Just Googled Cat 936 to see what it looks like. Prices I saw were in the $30 - $45,000 range for a 1986 with many more Hrs. I'm wondering why the big price difference with the one your looking at?


----------



## DCS MN (Jan 21, 2009)

*Loader*

This guy bought this machine 6 years ago only to build a 1.5 mile dirt bike track, he has a boat load of money and this loader sits in a barn 95% of the year till the spring when he needs to tune it up. I know him pretty well and he just wants to get a new loader with the gyro in it so it doesn't porpos. I just needed a little advise from guys who know this machine.


----------



## Bajak (Nov 12, 2008)

4500 hrs on an 86? I would want too see service records. By the hour you would only change the trans oil 9 times. Final drives/axles only 4-5 times. Old oil in any machine is going to be trouble. I would want to be sure the tranny has been serviced at least 20 times since new. and any axles/final drives at least half as many times. I doubt that is the case because 2nd gear is out.
$18 000 is a good deal if you can afford to do some rebuilding, but when all is said and done, I think you will be looking at another $20 000. CAT isn't cheap. I myself would take a grease gun and give every nipple 8 shots of grease to see how well it was actually looked after. If alot of fittings don't take it walk away. 
It used to be really easy to disconnect the hour meter in the 80s. Also if it had a fuel shut off you could turn the key off and keep working. BUYER BEWARE. 

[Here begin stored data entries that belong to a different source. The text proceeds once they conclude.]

//! Rows of crossings: how far apart trains enter two tracks that cross, or one line in its two directions.
//!
//! [`CrossRows`] states the crossing rule by rows: two uses of different tracks that break their crossing have a row of
//! their own, of capacity 1, and only these two use it. Tables of version 2 are planned and checked by it, beside the rows of
//! headways and of platforms; certificates tell its rows from version 2 on.
#![tactic(auto)]

use optra_network::{Minute, TrackId, TypeId};

mod cross_rows;
mod laws;
mod places;
mod row_codes;
mod texts;

pub use cross_rows::CrossRows;
pub use laws::{cross_kinds_are_apart, cross_rows_are_few};

/// A row of crossings: two uses of different tracks, of types that may use them, that break their crossing. The one on the
/// lesser track is first. Rows are ordered by their fields from left to right. Each has the capacity 1.
#[derive(Clone, Copy, Debug, PartialEq, Eq, PartialOrd, Ord)]
pub struct CRow {
    /// The lesser track.
    pub first_track: TrackId,
    /// The minute of the use of it, 0 to 2,879.
    pub first_at: Minute,
    /// The type that uses it.
    pub first: TypeId,
    /// The greater track.
    pub second_track: TrackId,
    /// The minute of the use of it, 0 to 2,879.
    pub second_at: Minute,
    /// The type that uses it.
    pub second: TypeId,
}
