//! Who repairs: the planner takes the repair through a trait, so that the crate that repairs need not stand below it.
ghost use Rattle.std.specs.Prelude.{◌≡◌, ◌≤◌, All, Contains, IfOk, length};
ghost use Rattle.optra_walk.specs.Choices.{IsChoice};
ghost use Rattle.optra_node.specs.Nodes.{IsNode};
ghost use Rattle.optra_prices.specs.Keepings.{AreKeptAt};
ghost use Rattle.optra_prices.specs.Repairs.{IsRepair};

use crate::entered::Entered;
use optra_graph::Graphs;
use optra_network::NoMemory;
use optra_node::Node;
use optra_prices::Dual;
use optra_walk::{Choice, Instance, RowFamily};
use std::alloc::Global;

/// Makes a choice that keeps the rule out of what a price path knows of the bids.
pub trait Repairer<F: RowFamily, G: Graphs> {
    /// The repaired choice at a node, for the replies and terms of a valuation.
    ///
    /// The bids are taken by falling contribution, their term, or 0 without a reply, and then by position. Each takes the
    /// first walk in walk order with the greatest value among its allowed walks of which every leg, by itself, fits with
    /// what is placed. The walk is kept where its value is above zero and the whole walk fits. A leg or a walk fits where
    /// no row gets above its capacity.
    ///
    /// It needs at most 1,000 bids, the graphs of the bids on the instance's network, one term and one entry of the
    /// replies for each bid, and replies that are walks of their bids. `NoMemory` is its only refusal.
    fn repair(
        &self,
        alloc: Global,
        inst: Instance<'_>,
        graphs: &G,
        rows: &F,
        node: &Node,
        dual: &Dual,
    ) -> Result<Choice, NoMemory>
        requires node { IsNode inst.net.now (length inst.bids.now) node.now }
        requires network { G.network graphs.now ≡ inst.net.now }
        requires held { All (λ bid. Contains (G.held graphs.now) bid.path) inst.bids.now }
        requires terms { length dual.now.terms ≡ length inst.bids.now }
        requires replies { IsChoice inst.net.now inst.bids.now dual.now.replies }
        ensures { IfOk result (λ choice. IsRepair inst.entry.net.now
            (F.rows_of rows.now inst.entry.net.now) inst.entry.bids.now node.now dual.now choice) };

    /// As [`Repairer::repair`], by tables of arcs that are at the node. Who repairs faster by them says so here.
    fn repair_over(
        &self,
        alloc: Global,
        inst: Instance<'_>,
        rows: &F,
        entered: &Entered<'_, '_, G, F::Row>,
        dual: &Dual,
    ) -> Result<Choice, NoMemory>
        requires node { IsNode inst.net.now (length inst.bids.now) entered.now.node.now }
        requires network { G.network entered.now.graphs.now ≡ inst.net.now }
        requires held { All (λ bid. Contains (G.held entered.now.graphs.now) bid.path)
            inst.bids.now }
        requires kept { AreKeptAt F.Row.cmp inst.net.now (F.rows_of rows.now inst.net.now)
            (F.rows_used rows.now inst.net.now) inst.bids.now entered.now.node.now
            entered.now.kept.now }
        requires terms { length dual.now.terms ≡ length inst.bids.now }
        requires replies { IsChoice inst.net.now inst.bids.now dual.now.replies }
        ensures { IfOk result (λ choice. IsRepair inst.entry.net.now
            (F.rows_of rows.now inst.entry.net.now) inst.entry.bids.now entered.now.node.now
            dual.now choice) }
    {
        self.repair(alloc, inst, entered.graphs, rows, entered.node, dual)
    }
}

I hope some of this helps. 

On edit -I'm not all that familiar with the 936.


----------



## WIPensFan (Jan 31, 2009)

Sorry I don't "KNOW THE MACHINE". What I do know is - DEAL SOUNDS FISHY!!. Just because he has money doesn't mean he is going to sacrifice $20000. If the deal sounds to good to be true, it probably is.


----------



## Bajak (Nov 12, 2008)

WIPensFan;773753 said:


> Just Googled Cat 936 to see what it looks like. Prices I saw were in the $30 - $45,000 range for a 1986 with many more Hrs. I'm wondering why the big price difference with the one your looking at?


It could be the difference between a regularly used and maintained vs. irregularly and maintained machine. Just like a daily driver vs."been sittin' in that field for years" type of vehicle.

The difference is the cost and # of pages in the parts manual.


----------



## CAT 245ME (Sep 10, 2006)

DCS MN;773572 said:


> I am looking at a 1986 CAT 936 with 4500 original hours. Has been stored indoors for the last 6 years and new paint. The only problem is 2nd gear is out of the power shift.
> 
> I am getting larger lots and need a loader. What should this unit be worth???
> Thanks for any help you guys can give me.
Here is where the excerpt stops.